Comment on Wordpress: Everything about it
BlameThePeacock@lemmy.ca 10 months agoI love SharePoint :)
Keep it simple and it’s a wonderful platform. Too many people overcomplicate things and cause themselves their own headaches.
Comment on Wordpress: Everything about it
BlameThePeacock@lemmy.ca 10 months agoI love SharePoint :)
Keep it simple and it’s a wonderful platform. Too many people overcomplicate things and cause themselves their own headaches.
ptz@dubvee.org 10 months ago
I upvoted you for participating in good faith, but I definitely don’t agree about Sharepoint. lol.
BlameThePeacock@lemmy.ca 10 months ago
I think a lot of that is a lack of knowledge around it’s capabilities, it’s not as flexible as other systems, but at the same time it’s absolutely amazing at doing certain things really fast and easily. I have thousands of people using systems I’ve built in SharePoint and more than half of them don’t even know it’s SharePoint. They just pop in, use it, and get out.
ptz@dubvee.org 10 months ago
In all fairness, it may be.

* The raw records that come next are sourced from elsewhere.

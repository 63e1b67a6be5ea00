// What is done at a station, and what is told then, as tables.
ghost use Rattle.std.specs.Prelude.{◌≡◌};

use crate::finishing::{Try, finished};
use crate::looks::{Look, see_all};
use crate::posts::opened;
use crate::steps::{Step, take_steps};
use server_workers::{Blank, Ledger, PARTS};
use std::alloc::Global;
use std::marker::Brand;
use std::sync::Wait;
use std::test::Fail;
use std::thread::Threads;

/// What is done at a station.
#[derive(Clone, Copy)]
pub(crate) struct Plan<'a> {
    pub(crate) gateways: &'a [u16],
    /// It has the devices from address 1 on, so many of them.
    pub(crate) devices: u32,
    /// What comes before the steps.
    pub(crate) before: &'a [Step],
    pub(crate) steps: &'a [Step],
    /// How it is finished, if it is.
    pub(crate) tries: &'a [Try],
    /// What is seen of it then.
    pub(crate) sights: &'a [Look],
    /// What is seen in place of the sights with these places.
    pub(crate) changes: &'a [(usize, Look)],
}

/// Compares what the steps tell, at a station of the gateways 1 and 2 that isn't finished.
pub(crate) fn tells<R: Threads + Wait + Sync>(
    rt: &R,
    alloc: Global,
    devices: u32,
    steps: &[Step],
) -> Result<(), Fail> {
    let plan = Plan {
        gateways: &[2, 1],
        devices,
        before: &[],
        steps,
        tries: &[],
        sights: &[],
        changes: &[],
    };
    runs(rt, alloc, &plan)
}

/// Compares all that is told in the course of a plan.
pub(crate) fn runs<R: Threads + Wait + Sync>(
    rt: &R,
    alloc: Global,
    plan: &Plan,
) -> Result<(), Fail> {
    let blank = Blank::new(PARTS as u64);
    run::<Brand, R>(rt, alloc, blank, plan)
}

/// The same, by a ledger that this blank opens.
fn run<B: Ledger + Send + Sync, R: Threads + Wait + Sync>(
    rt: &R,
    alloc: Global,
    blank: Blank,
    plan: &Plan,
) -> Result<(), Fail>
    requires name { blank.name ≡ B.name }
    requires parts { blank.parts ≡ B.parts }
    requires all { blank.parts ≡ PARTS }
{
    let mut post = opened::<B, R>(rt, alloc, plan.gateways, plan.devices, blank)?;
    take_steps(&mut post, plan.before)?;
    take_steps(&mut post, plan.steps)?;
    let closing = finished(post, plan.tries)?;
    see_all(alloc, closing, plan)
}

In the cases that have been dropped on my plate, it was absolutely not the correct tool for the job. It was just “what we have”.

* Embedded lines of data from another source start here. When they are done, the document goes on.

// What workers did.

use answer_ticket::{Ending, Outcome};
use server_core::TakeFault;
use server_workers::{Ledger, ServeCause, Served, Worked};

/// What workers did together.
#[derive(Clone, Copy, Debug, PartialEq)]
pub(crate) struct Done<'a> {
    /// How many workers were started.
    pub(crate) ran: u8,
    /// How many answers were booked.
    pub(crate) answered: usize,
    /// How many receipts there are.
    pub(crate) receipts: usize,
    /// The numbers that were skipped.
    pub(crate) skipped: &'a [u64],
    /// How many numbers were refused.
    pub(crate) refused: usize,
    /// How many stubs were handed back.
    pub(crate) strays: usize,
    /// How many tries the gate didn't let in.
    pub(crate) overrun: u64,
    /// Whether the receipts and the outcomes are those of the numbers, in order.
    pub(crate) are_in_order: bool,
}

/// Nothing, by nobody.
pub(crate) const NOTHING: Done = Done {
    ran: 0,
    answered: 0,
    receipts: 0,
    skipped: &[],
    refused: 0,
    strays: 0,
    overrun: 0,
    are_in_order: false,
};

/// What workers did, or why nobody served and how many parts the till has that was handed back.
pub(crate) type Told<'a> = Result<Done<'a>, (ServeCause, u32)>;

/// What one worker did by itself.
#[derive(Clone, Copy, Debug, PartialEq)]
pub(crate) struct DoneAlone<'a> {
    /// How many outcomes there are.
    pub(crate) outcomes: usize,
    /// The numbers that were skipped.
    pub(crate) skipped: &'a [u64],
    /// The numbers that were refused, and why.
    pub(crate) refused: &'a [(u64, TakeFault)],
    /// How many tries the gate didn't let in.
    pub(crate) overrun: u64,
    /// Which number is left first, of each channel.
    pub(crate) left: [Option<u64>; 2],
}

/// What workers did at these numbers.
pub(crate) fn done_by<'a, B: Ledger>(served: &'a Served<B>, numbers: &[u64]) -> Done<'a> {
    Done {
        ran: served.ran,
        answered: answered(&served.outcomes),
        receipts: served.receipts.len(),
        skipped: served.skipped.as_slice(),
        refused: served.refused.len(),
        strays: served.strays.len(),
        overrun: served.overrun,
        are_in_order: are_in_order(served, numbers),
    }
}

/// What one worker did, who left these numbers first.
pub(crate) fn done_alone<B: Ledger>(worked: &Worked<B>, left: [Option<u64>; 2]) -> DoneAlone<'_> {
    DoneAlone {
        outcomes: worked.outcomes.len(),
        skipped: worked.skipped.as_slice(),
        refused: worked.refused.as_slice(),
        overrun: worked.overrun,
        left,
    }
}

/// How many answers were booked.
fn answered(outcomes: &[Outcome]) -> usize {
    let mut answered = 0usize;
    for outcome in outcomes {
        if let Ending::Answered { .. } = outcome.result {
            answered = answered.saturating_add(1);
        }
    }
    answered
}

/// Whether the receipts and the outcomes are those of the numbers, in order.
fn are_in_order<B: Ledger>(served: &Served<B>, numbers: &[u64]) -> bool {
    for (i, number) in numbers.iter().enumerate() {
        let receipt = served.receipts.get(i).map(|receipt| receipt.number);
        let outcome = served.outcomes.get(i).map(|outcome| outcome.number);
        if receipt != Some(*number) || outcome != Some(*number) {
            return false;
        }
    }
    true
}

BlameThePeacock@lemmy.ca 10 months ago
It’s frequently the best tool for the job BECAUSE they already have it. If you need another tool, with another login, with more licensing costs, and more training time, and more support, it’s often a worse option even if it has more features.
If they’re trying to spin up an intranet and share some files within the organization, it’s absolutely amazing. If they want a simple database containing active work items for a small team to process, it can do that too. If they want a central place to see who’s currently on vacation… SharePoint’s got you covered.

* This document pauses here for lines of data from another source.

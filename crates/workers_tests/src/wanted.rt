// What several tables want: where uplinks go, how answers end, and what books have counted.

use answer_ticket::Ending;
use gateway_book::Totals;
use rx_windows::Window;
use server_core::{DeskFault, DeskHeard};

/// What is answered to the copies that open the gatherings 1 to 5.
pub(crate) const OPENED_1: Result<DeskHeard, DeskFault> = Ok(DeskHeard::Opened {
    n: 1,
    repeat: false,
});

pub(crate) const OPENED_2: Result<DeskHeard, DeskFault> = Ok(DeskHeard::Opened {
    n: 2,
    repeat: false,
});

pub(crate) const OPENED_3: Result<DeskHeard, DeskFault> = Ok(DeskHeard::Opened {
    n: 3,
    repeat: false,
});

pub(crate) const OPENED_4: Result<DeskHeard, DeskFault> = Ok(DeskHeard::Opened {
    n: 4,
    repeat: false,
});

pub(crate) const OPENED_5: Result<DeskHeard, DeskFault> = Ok(DeskHeard::Opened {
    n: 5,
    repeat: false,
});

/// An uplink that was heard until 5,000,000 us is answered in RX1, on gateway 1 and on gateway 2.
pub(crate) const RX1_ON_1: Ending = Ending::Answered {
    gateway: 1,
    window: Window::Rx1,
    start: 6_000_000,
    airtime: 41_216,
    carried: false,
};

pub(crate) const RX1_ON_2: Ending = Ending::Answered {
    gateway: 2,
    window: Window::Rx1,
    start: 6_000_000,
    airtime: 41_216,
    carried: false,
};

/// It is answered in RX2, where RX1 is taken.
pub(crate) const RX2_ON_1: Ending = Ending::Answered {
    gateway: 1,
    window: Window::Rx2,
    start: 7_000_000,
    airtime: 991_232,
    carried: false,
};

pub(crate) const RX2_ON_2: Ending = Ending::Answered {
    gateway: 2,
    window: Window::Rx2,
    start: 7_000_000,
    airtime: 991_232,
    carried: false,
};

/// What a book has counted that booked one answer in RX1, two, and 250.
pub(crate) const ONE_BOOKED: Totals = Totals {
    booked: 41_216,
    cancelled: 0,
    retired: 0,
    kept_airtime: 41_216,
    kept: 1,
    floor: 0,
};

pub(crate) const TWO_BOOKED: Totals = Totals {
    booked: 82_432,
    kept_airtime: 82_432,
    kept: 2,
    ..ONE_BOOKED
};

pub(crate) const MANY_BOOKED: Totals = Totals {
    booked: 10_304_000,
    kept_airtime: 10_304_000,
    kept: 250,
    ..ONE_BOOKED
};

If you’re trying to use it as a ERP system, it ain’t going to work. If they want a full fledged CRM, also a bad idea.
SharePoint can meet at least 80% of the requirements for most office business processes involving files, pages, or single database tables, and it can do it for 20% of the cost/effort of dedicated software. If you want all the bells and whistles, that ain’t going to cut it though.